Resources that are available to design or/and validate the processing system realized for this benchmark are listed and linked in the following.

  • new updated data sets containing audio files, correct transcriptions and interpretations are available in the RoCKIn datasets page.
  • additional data can be found at: http://sag.art.uniroma2.it/HuRIC.html
  • a parser that implements the CFR grammar described in the specification module and that can be used to check if the produced output follows the correct syntax can be downloaded at "Download the parser".
  • the UPDATED lexicon composing the commands that will be used for the benchmark, in terms of different grammatical categories.
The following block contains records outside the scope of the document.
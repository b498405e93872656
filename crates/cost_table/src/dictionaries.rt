//! Dictionaries.

ghost use Rattle.std.specs.Prelude.{◌≡◌, ◌<◌, ◌≤◌, ◌^◌};
ghost use Rattle.type_table.specs.View.{TypesView};
ghost use Rattle.libfunc_registry.specs.Fam.{fam_of};
ghost use Rattle.cost_table.specs.Costs as costs;
ghost use Rattle.cost_table.specs.Dictionaries as rows;
ghost use Rattle.cost_table.specs.Groups.{if_dictionaries};
ghost use Rattle.cost_table.specs.Parts.{ArePartsOf};

use crate::part::{Parts, advanced, kept, laid, last, pointer, whole};
use crate::row::{FREE, Row, known, unknown};
use libfunc_registry::Libfunc;
use type_trees::Num;

/// The row of a libfunc of this group, for any branch.
pub(crate) fn dictionaries_row(libfunc: Libfunc) -> Option<Row>
    ensures { (types : TypesView) → result ≡ if_dictionaries rows.dictionaries_row (fam_of types libfunc) }
{
    match libfunc {
        Libfunc::DictNew(_) => Some(known(1, 0, 1)),
        Libfunc::DictEntryGet(Num::Felt64) => Some(known(3, 0, 1)),
        Libfunc::DictEntryGet(_) => Some(known(6, 2, 2)),
        Libfunc::DictEntryFinalize(_) => Some(known(1, 0, 0)),
        Libfunc::DictSquash(_) => Some(unknown(60, 5)),
        Libfunc::DictEntries(_) => Some(FREE),
        _ => None,
    }
}

/// The steps of the squash that any branch of a libfunc is charged ahead; those of another group are charged none.
pub(crate) fn share_steps(libfunc: Libfunc) -> u32
    ensures share { (types : TypesView) → result ≡ costs.share_steps (fam_of types libfunc) }
    ensures few { result ≤ 100 }
{
    match libfunc {
        Libfunc::DictEntryGet(_) => 100,
        _ => 0,
    }
}

/// The range checks of the squash that any branch of a libfunc is charged ahead.
pub(crate) fn share_checks(libfunc: Libfunc) -> u32
    ensures share { (types : TypesView) → result ≡ costs.share_checks (fam_of types libfunc) }
    ensures few { result ≤ 10 }
{
    match libfunc {
        Libfunc::DictEntryGet(_) => 10,
        _ => 0,
    }
}

/// The terms of the results of a libfunc of this group, which take so many cells.
pub(crate) fn dictionaries_parts(libfunc: Libfunc, row: Row, cells: u64) -> Option<Parts>
    requires { cells < 2 ^ 62 }
    ensures { (types : TypesView) → ArePartsOf (if_dictionaries (rows.dictionaries_terms row cells) (fam_of types libfunc)) result }
{
    match libfunc {
        Libfunc::DictNew(_) => Some(Parts::Double(last(row, 1), last(row, 1))),
        Libfunc::DictEntryGet(_) => Some(Parts::Triple(pointer(row), kept(1, 2), last(row, 1))),
        Libfunc::DictEntryFinalize(_) => Some(Parts::Double(whole(0), advanced(1, 3))),
        Libfunc::DictSquash(_) => Some(Parts::Single(laid(cells))),
        Libfunc::DictEntries(_) => Some(Parts::Double(whole(0), whole(1))),
        _ => None,
    }
}
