//! The expressions of a branch's results.

ghost use Rattle.std.specs.Prelude.{◌≡◌, ◌<◌, ◌^◌, ◌+◌, ◌++◌, ◌∷◌, [], map, length, IfOk};
ghost use Rattle.std.specs.List.{All};
ghost use Rattle.libfunc_registry.specs.Fam.{fam_of, gives};
ghost use Rattle.libfunc_registry.specs.Wanted.{IsPlaced};
ghost use Rattle.cell_terms.specs.Resolving as resolving;
ghost use Rattle.cost_table.specs.Costs as costs;
ghost use Rattle.cost_table.specs.Fits.{IsSignature, IsCloseExpr};
ghost use Rattle.cost_table.specs.Parts.{all_terms, terms_in, IsSmall, IsSmallRun, IsSmallPart, AreSmall};
ghost use Rattle.cost_table.specs.Results as rows;
ghost use Rattle.cost_table.specs.Terms as terms;

use crate::arrays::arrays_parts;
use crate::control::control_parts;
use crate::costs::ApChange;
use crate::data::data_parts;
use crate::dictionaries::dictionaries_parts;
use crate::felts::felts_parts;
use crate::gas::gas_parts;
use crate::integers::integers_parts;
use crate::part::{Part, Parts};
use crate::row::{Row, row_of};
use crate::sizes::{cells_of, placed};
use casm_word::CellExpr;
use cell_terms::{Slot, Term, resolve};
use libfunc_registry::{Libfunc, Sig};
use std::alloc::{AllocError, Global};
use type_table::Types;

/// The same kind of term, so many cells further.
fn further(term: Term, by: u64) -> Term
    requires { IsSmallRun term (by + 1) }
    ensures term { result ≡ terms.further term by }
    ensures small { IsSmall result }
{
    match term {
        Term::Whole(i) => Term::Whole(i + by as usize),
        Term::Cell(Slot::Own(k)) => Term::Cell(Slot::Own(k + by)),
        Term::Cell(Slot::Arg(i)) => Term::Cell(Slot::Arg(i + by as usize)),
        Term::Cell(Slot::Frame(k)) => Term::Cell(Slot::Frame(k + by)),
        Term::Behind(slot, k) => Term::Behind(slot, k + by),
        _ => term,
    }
}

/// Adds the expression of a term, over the expressions of the arguments, ap having moved `by` cells.
fn push_term(
    cells: &mut Vec<CellExpr>,
    term: Term,
    args: &[CellExpr],
    by: u64,
) -> Result<(), AllocError>
    requires close { All IsCloseExpr args.now }
    requires by { by < 2 ^ 62 }
    requires small { IsSmall term }
    ensures { IfOk result (λ _. cells.new.items ≡ cells.old.items ++ resolving.resolve by args.now term ∷ []) }
{
    cells
        .push(resolve(term, args, by))
        .map_err(AllocError::from)
}

/// Adds the expressions of the terms of a run.
fn push_run(
    cells: &mut Vec<CellExpr>,
    first: Term,
    count: u64,
    args: &[CellExpr],
    by: u64,
) -> Result<(), AllocError>
    requires close { All IsCloseExpr args.now }
    requires by { by < 2 ^ 62 }
    requires small { IsSmallRun first count }
    ensures { IfOk result (λ _. cells.new.items ≡ cells.old.items ++ map (resolving.resolve by args.now) (terms.run first count)) }
{
    for k in 0..count {
        push_term(cells, further(first, k), args, by)?;
    }
    Ok(())
}

/// Adds the expressions of the terms of a part.
fn push_part(
    cells: &mut Vec<CellExpr>,
    part: Part,
    args: &[CellExpr],
    by: u64,
) -> Result<(), AllocError>
    requires close { All IsCloseExpr args.now }
    requires by { by < 2 ^ 62 }
    requires small { IsSmallPart part }
    ensures { IfOk result (λ _. cells.new.items ≡ cells.old.items ++ map (resolving.resolve by args.now) (terms_in part)) }
{
    match part {
        Part::One(term) => push_term(cells, term, args, by),
        Part::Run(first, count) => push_run(cells, first, count, args, by),
    }
}

/// Adds the expressions of all terms.
fn push_parts(
    cells: &mut Vec<CellExpr>,
    parts: Parts,
    args: &[CellExpr],
    by: u64,
) -> Result<(), AllocError>
    requires close { All IsCloseExpr args.now }
    requires by { by < 2 ^ 62 }
    requires small { AreSmall parts }
    ensures { IfOk result (λ _. cells.new.items ≡ cells.old.items ++ map (resolving.resolve by args.now) (all_terms parts)) }
{
    match parts {
        Parts::Nothing => {}
        Parts::Single(a) => push_part(cells, a, args, by)?,
        Parts::Double(a, b) => {
            push_part(cells, a, args, by)?;
            push_part(cells, b, args, by)?;
        }
        Parts::Triple(a, b, c) => {
            push_part(cells, a, args, by)?;
            push_part(cells, b, args, by)?;
            push_part(cells, c, args, by)?;
        }
    }
    Ok(())
}

/// The terms of the results of a branch, which take so many cells.
fn parts_of(
    types: &Types,
    libfunc: Libfunc,
    row: Row,
    args: &[CellExpr],
    amount: u64,
    cells: u64,
    branch: usize,
) -> Parts
    requires placed { IsPlaced types.now libfunc }
    requires branch { branch < length (gives (fam_of types.now libfunc)) }
    requires amount { amount < 2 ^ 40 }
    requires cells { cells < 2 ^ 62 }
    ensures terms { all_terms result ≡ rows.terms_of args.now amount row cells (fam_of types.now libfunc) branch }
    ensures small { AreSmall result }
{
    if let Some(parts) = control_parts(types, libfunc, amount) {
        return parts;
    }
    if let Some(parts) = gas_parts(libfunc, row, cells, branch) {
        return parts;
    }
    if let Some(parts) = felts_parts(libfunc, args, branch) {
        return parts;
    }
    if let Some(parts) = integers_parts(libfunc, row, args, branch) {
        return parts;
    }
    if let Some(parts) = data_parts(types, libfunc, row, branch) {
        return parts;
    }
    if let Some(parts) = arrays_parts(types, libfunc, row, branch) {
        return parts;
    }
    dictionaries_parts(libfunc, row, cells).unwrap()
}

/// How far ap has moved where a branch's results, of so many cells, are named.
fn moved(ap: ApChange, cells: u64) -> u64
    ensures { result ≡ rows.moved ap cells }
{
    match ap {
        ApChange::Known(n) => u64::from(n),
        ApChange::Unknown => cells,
    }
}

/// The expressions of the cells of a branch's results, in order, as they are named after the branch.
///
/// `args` are the expressions of the arguments' cells, in order. `amount` is the offset from fp of the local of an
/// `alloc_local`; no other libfunc's results depend on it. The one error is out of memory, also for results of `2^62` cells
/// or more, which no memory has.
pub fn results(
    alloc: Global,
    types: &Types,
    sig: &Sig,
    args: &[CellExpr],
    amount: u64,
    branch: usize,
) -> Result<Vec<CellExpr>, AllocError>
    requires signature { IsSignature types.now sig.now }
    requires close { All IsCloseExpr args.now }
    requires amount { amount < 2 ^ 40 }
    requires branch { branch < length sig.now.branches }
    ensures { IfOk result (λ cells. cells.items ≡ rows.results args.now amount (fam_of types.now sig.now.libfunc) branch) }
{
    placed(types, sig);
    let Some(count) = cells_of(types, sig.branches.items()[branch].items()) else {
        return Err(AllocError);
    };
    let row = row_of(types, sig.libfunc, branch);
    let parts = parts_of(types, sig.libfunc, row, args, amount, count, branch);
    let mut cells = Vec::new(alloc);
    push_parts(&mut cells, parts, args, moved(row.ap, count))?;
    Ok(cells)
}
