//! Integers of 8, 16 and 32 bits.

ghost use Rattle.std.specs.Prelude.{◌≡◌};
ghost use Rattle.type_table.specs.View.{TypesView};
ghost use Rattle.libfunc_registry.specs.Fam.{fam_of};
ghost use Rattle.cost_table.specs.Integers as rows;
ghost use Rattle.cost_table.specs.Rows.{by_branch};
ghost use Rattle.cost_table.specs.Terms as terms;
ghost use Rattle.cost_table.specs.Groups.{if_integers};
ghost use Rattle.cost_table.specs.Parts.{ArePartsOf};

use crate::part::{Part, Parts, last, operand, pointer, whole};
use crate::row::{FREE, Row, by_branch, known};
use casm_word::CellExpr;
use cell_terms::{Slot, Term};
use libfunc_registry::Libfunc;

/// The row of a branch of a libfunc of this group.
pub(crate) fn integers_row(libfunc: Libfunc, branch: usize) -> Option<Row>
    ensures { (types : TypesView) → result ≡ if_integers (λ fam. rows.integers_row fam branch) (fam_of types libfunc) }
{
    match libfunc {
        Libfunc::ToFelt(_) => Some(FREE),
        Libfunc::TryFromFelt(_) => Some(by_branch(branch, known(6, 2, 6), known(12, 3, 6))),
        Libfunc::OverflowingAdd(_) => Some(known(6, 1, 3)),
        Libfunc::OverflowingSub(_) => Some(by_branch(branch, known(5, 1, 5), known(8, 1, 5))),
        Libfunc::WideMul(_) => Some(FREE),
        Libfunc::SplitMul => Some(known(8, 3, 5)),
        Libfunc::SafeDivmod(_) => Some(known(8, 3, 5)),
        Libfunc::WidthEq(_) => Some(known(3, 0, 1)),
        Libfunc::Upcast(_, _) => Some(FREE),
        Libfunc::Downcast(_, _) => Some(known(5, 1, 2)),
        _ => None,
    }
}

/// The terms of the results of a branch of a libfunc of this group, over the expressions of the arguments.
pub(crate) fn integers_parts(
    libfunc: Libfunc,
    row: Row,
    args: &[CellExpr],
    branch: usize,
) -> Option<Parts>
    ensures { (types : TypesView) → ArePartsOf (if_integers (λ fam. rows.integers_terms row args.now fam branch) (fam_of types libfunc)) result }
{
    match libfunc {
        Libfunc::ToFelt(_) => Some(Parts::Single(whole(0))),
        Libfunc::TryFromFelt(_) => Some(if_fits(row, branch)),
        Libfunc::OverflowingAdd(_) => Some(Parts::Double(pointer(row), last(row, 1))),
        Libfunc::OverflowingSub(_) => Some(Parts::Double(pointer(row), last(row, 1))),
        Libfunc::WideMul(_) => {
            let product = Term::Mul(Slot::Arg(0), operand(args, 1));
            Some(Parts::Single(Part::One(product)))
        }
        Libfunc::SplitMul => Some(Parts::Triple(pointer(row), last(row, 2), last(row, 1))),
        Libfunc::SafeDivmod(_) => Some(Parts::Triple(pointer(row), last(row, 2), last(row, 1))),
        Libfunc::WidthEq(_) => Some(Parts::Nothing),
        Libfunc::Upcast(_, _) => Some(Parts::Single(whole(0))),
        Libfunc::Downcast(_, _) => Some(if_fits(row, branch)),
        _ => None,
    }
}

/// The pointer, and in branch 0 the number as it is.
fn if_fits(row: Row, branch: usize) -> Parts
    ensures { result ≡ by_branch branch (Parts.Double (Part.One (terms.pointer row)) (Part.One (terms.whole 1))) (Parts.Single (Part.One (terms.pointer row))) }
{
    by_branch(
        branch,
        Parts::Double(pointer(row), whole(1)),
        Parts::Single(pointer(row)),
    )
}
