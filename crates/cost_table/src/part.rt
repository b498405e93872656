//! The terms of results, in parts.

ghost use Rattle.std.specs.Prelude.{◌≡◌, [], ◌∷◌};
ghost use Rattle.cost_table.specs.Terms as terms;
ghost use Rattle.cost_table.specs.Parts.{IsSmall, IsSmallRun};

use crate::costs::ApChange;
use crate::row::Row;
use casm_word::CellExpr;
use cell_terms::{Second, Slot, Term};

/// Some of the terms of a branch's results, in order.
#[derive(Clone, Copy, Debug, Drop)]
pub(crate) enum Part {
    /// One term.
    One(Term),
    /// So many terms from this one on, each a cell further.
    Run(Term, u64),
}

/// The terms of a branch's results.
#[derive(Clone, Copy, Debug, Drop)]
pub(crate) enum Parts {
    /// None.
    Nothing,
    /// One part.
    Single(Part),
    /// Two parts.
    Double(Part, Part),
    /// Three parts.
    Triple(Part, Part, Part),
}

/// The argument expression of this number, as it is.
pub(crate) fn whole(i: usize) -> Part
    ensures { result ≡ Part.One (terms.whole i) }
{
    Part::One(Term::Whole(i))
}

/// So many argument expressions as they are, from one on.
pub(crate) fn kept(from: usize, count: u32) -> Part
    ensures { result ≡ Part.Run (Term.Whole from) count }
{
    Part::Run(Term::Whole(from), u64::from(count))
}

/// So many new cells, from ap on as it was.
pub(crate) fn laid(count: u64) -> Part
    ensures { result ≡ Part.Run (Term.Cell (Slot.Own 0)) count }
{
    Part::Run(Term::Cell(Slot::Own(0)), count)
}

/// The word of an argument's cell and a number.
pub(crate) fn advanced(i: usize, by: u32) -> Part
    ensures { result ≡ Part.One (terms.advanced i by) }
{
    Part::One(Term::Add(Slot::Arg(i), Second::Number(u64::from(by))))
}

/// The second operand as it is: a number, or else the cell of the argument expression of this number.
pub(crate) fn operand(args: &[CellExpr], i: usize) -> Second
    ensures { result ≡ terms.operand args.now i }
{
    match args.get(i).copied().unwrap_or(CellExpr::Imm(0)) {
        CellExpr::Imm(n) => Second::Number(n),
        _ => Second::Slot(Slot::Arg(i)),
    }
}

/// The new cell that is so many cells below ap, 1 for the last one.
pub(crate) fn last(row: Row, below: u64) -> Part
    ensures { result ≡ Part.One (terms.last row below) }
{
    let change = match row.ap {
        ApChange::Known(n) => u64::from(n),
        ApChange::Unknown => 0,
    };
    Part::One(Term::Cell(Slot::Own(change.saturating_sub(below))))
}

/// The range-check pointer behind the row's own checks.
pub(crate) fn pointer(row: Row) -> Part
    ensures { result ≡ Part.One (terms.pointer row) }
{
    if row.checks == 0 {
        whole(0)
    } else {
        advanced(0, row.checks)
    }
}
It is provided within a zip file called lexicon.zip ("Download lexicon.zip") containing:
    1. verbs.txt: contains all the verbs used in the commands, comprehending modal and auxiliary verbs (e.g. "can").
    2. nouns.txt: contains all the nouns present in the commands.
    3. prepositions_and_positional_adverbs.txt: contains all the prepositions and positional adverbs (e.g. "close") used in the commands.
    4. personal_pronouns.txt: contains the list of the personal pronouns used in the commands (e.g. "me").
    5. adjectives.txt: contains the adjectives used in the commands, considering also the one derived from verbs (e.g. "dining" for "dining room").
    6. others.txt: contains all the words that are not considered in the previous categories, as articles or other kind of adverbs (e.g. "carefully").

Note: these files report all the lexicon that could be used in the commands. No words outside this lexicon will be used. On the other hand, only one subset of it could be used in the commands, meaning that not all of them must be present in the commands.